Across the data below, count every line where the string "CommonNext" appears. Answer with the number alone.

[Saved data entries]
------
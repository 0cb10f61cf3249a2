//! Why octets are no packet (EN 302 636-4-1 clause 9).

ghost use Rattle.std.specs.Prelude.{◌≡◌};
ghost use Rattle.its_faults.specs.Codes.{code_of};

use std::error::Error;
use std::fmt;

/// What is wrong with a field of a packet (EN 302 636-4-1 clause 9).
#[derive(Clone, Copy, Debug, PartialEq, Eq)]
pub enum FaultKind {
    /// G1: the octets end before or in the field.
    Truncated,
    /// G2: the version is not 1.
    Version,
    /// G3: what follows the Basic Header is no Common Header.
    BasicNext,
    /// G4: a reserved bit is 1.
    Reserved,
    /// G5: no hop is left.
    HopZero,
    /// G6: what follows the Common Header is neither nothing nor BTP-B.
    CommonNext,
    /// G7: the header type is not one that is read after such a next header.
    HeaderType,
    /// G8: the header type doesn't have the sub-type.
    SubType,
    /// G9: more hops are left than there were at most.
    HopAboveMax,
    /// G10: the header type doesn't allow the payload's length.
    PayloadLength,
    /// G11: the vector's address has a group MID, or its place is out of range.
    Position,
    /// G12: the area's centre, a distance or the angle is out of range.
    Area,
}

impl FaultKind {
    /// What logs and the program's lines show: `G1` to `G12`.
    pub fn code(&self) -> &'static str
        ensures { result.now ≡ code_of self.now }
    {
        match self {
            FaultKind::Truncated => "G1",
            FaultKind::Version => "G2",
            FaultKind::BasicNext => "G3",
            FaultKind::Reserved => "G4",
            FaultKind::HopZero => "G5",
            FaultKind::CommonNext => "G6",
            FaultKind::HeaderType => "G7",
            FaultKind::SubType => "G8",
            FaultKind::HopAboveMax => "G9",
            FaultKind::PayloadLength => "G10",
            FaultKind::Position => "G11",
            FaultKind::Area => "G12",
        }
    }
}

impl fmt::Display for FaultKind {
    fn fmt<W: fmt::Write>(&self, f: &mut fmt::Formatter<W>) -> fmt::Result {
        let sentence = match self {
            FaultKind::Truncated => "a truncated packet",
            FaultKind::Version => "a version other than 1",
            FaultKind::BasicNext => "no Common Header after the Basic Header",
            FaultKind::Reserved => "a reserved bit that is set",
            FaultKind::HopZero => "no hop left",
            FaultKind::CommonNext => "a next header other than none and BTP-B",
            FaultKind::HeaderType => "an unsupported header type",
            FaultKind::SubType => "a sub-type that the header type does not have",
            FaultKind::HopAboveMax => "more hops left than the maximum",
            FaultKind::PayloadLength => "a payload length out of range",
            FaultKind::Position => "a group address, or a position out of range",
            FaultKind::Area => "an area out of range",
        };
        write!(f, "{sentence}")
    }
}

/// The first fault of octets that are no packet. It prints as `more hops left than the maximum, at
/// octet 10`.
#[derive(Clone, Copy, Debug, PartialEq, Eq)]
pub struct Fault {
    /// The octet at which the field begins, or the input's length at G1.
    pub at: usize,
    /// What is wrong with that field.
    pub kind: FaultKind,
}

impl Fault {
    /// What logs and the program's lines show, as `G9 at 10`.
    pub fn code(&self) -> FaultCode
        ensures { result ≡ record { 0 = self.now } }
    {
        FaultCode(*self)
    }
}

impl fmt::Display for Fault {
    fn fmt<W: fmt::Write>(&self, f: &mut fmt::Formatter<W>) -> fmt::Result {
        write!(f, "{}, at octet {}", self.kind, self.at)
    }
}

impl Error for Fault {}

/// A packet's fault that prints as its code and place, as `G9 at 10`.
#[derive(Clone, Copy, Debug, PartialEq, Eq)]
pub struct FaultCode(pub Fault);

impl fmt::Display for FaultCode {
    fn fmt<W: fmt::Write>(&self, f: &mut fmt::Formatter<W>) -> fmt::Result {
        write!(f, "{} at {}", self.0.kind.code(), self.0.at)
    }
}
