//! The faults of octets: why they are no packet, or no frame (EN 302 636-4-1 clause 9, profile).
//!
//! Each prints a sentence for a person by `Display`, and what logs and the program's lines show by
//! `code()`. A station's refusal names faults, so their types stand below the definitions of
//! stations; what a fault says of octets is defined where the octets are.
//!
//! # What is proved
//!
//! `Fault::code` and `FrameFault::code` give a wrapper of this very fault, its place among it; what
//! it prints, as `G9 at 10` or `L5 G9 at 10`, is tested. `From<Fault> for FrameFault` is L5 with
//! that very fault, so that `?` leads from a packet's fault to a frame's.
//!
//! No call takes memory.
//!
//! # Only tested
//!
//! - `checks/packets`: what is printed, which is every code of a packet's and of a frame's fault,
//!   and the sentences (that of L5 in `test_values::packet`).
#![tactic(auto)]

mod frame;
mod packet;
mod secured;

pub use frame::{FrameCode, FrameFault};
pub use packet::{Fault, FaultCode, FaultKind};
pub use secured::{SecuredCode, SecuredFault};
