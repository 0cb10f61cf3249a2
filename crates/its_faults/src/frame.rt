//! Why octets are no frame (profile).

ghost use Rattle.std.specs.Prelude.{◌≡◌};
ghost use Rattle.its_faults.specs.declared.frame.FrameFault.TheVariants.{Packet};

use crate::packet::Fault;
use std::error::Error;
use std::fmt;

/// The first fault of octets that are no frame, in the order in which faults are checked.
#[derive(Clone, Copy, Debug, PartialEq, Eq)]
pub enum FrameFault {
    /// L1: under 14 octets.
    Short,
    /// L2: the type is not 0x8947.
    EtherType,
    /// L3: over 1468 octets.
    TooLong,
    /// L5: what follows the type is no packet; the place is counted in the packet.
    Packet(Fault),
    /// L4: octets follow the packet.
    Trailing,
}

impl FrameFault {
    /// What logs and the program's lines show, as `L1` or `L5 G9 at 10`.
    pub fn code(&self) -> FrameCode
        ensures { result ≡ record { 0 = self.now } }
    {
        FrameCode(*self)
    }
}

impl From<Fault> for FrameFault {
    ghost from_gives = { λ fault e. e ≡ Packet fault };

    fn from(fault: Fault) -> FrameFault {
        FrameFault::Packet(fault)
    }
}

impl fmt::Display for FrameFault {
    fn fmt<W: fmt::Write>(&self, f: &mut fmt::Formatter<W>) -> fmt::Result {
        match self {
            FrameFault::Short => write!(f, "a frame of fewer than 14 octets"),
            FrameFault::EtherType => write!(f, "a frame of another type than 0x8947"),
            FrameFault::TooLong => write!(f, "a frame of more than 1468 octets"),
            FrameFault::Packet(fault) => write!(f, "no packet in the frame: {fault}"),
            FrameFault::Trailing => write!(f, "octets after the packet"),
        }
    }
}

impl Error for FrameFault {}

/// A frame's fault that prints as its code, as `L1` or `L5 G9 at 10`.
#[derive(Clone, Copy, Debug, PartialEq, Eq)]
pub struct FrameCode(pub FrameFault);

impl fmt::Display for FrameCode {
    fn fmt<W: fmt::Write>(&self, f: &mut fmt::Formatter<W>) -> fmt::Result {
        match self.0 {
            FrameFault::Short => write!(f, "L1"),
            FrameFault::EtherType => write!(f, "L2"),
            FrameFault::TooLong => write!(f, "L3"),
            FrameFault::Packet(fault) => write!(f, "L5 {}", fault.code()),
            FrameFault::Trailing => write!(f, "L4"),
        }
    }
}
------
Answer for this exercise: 3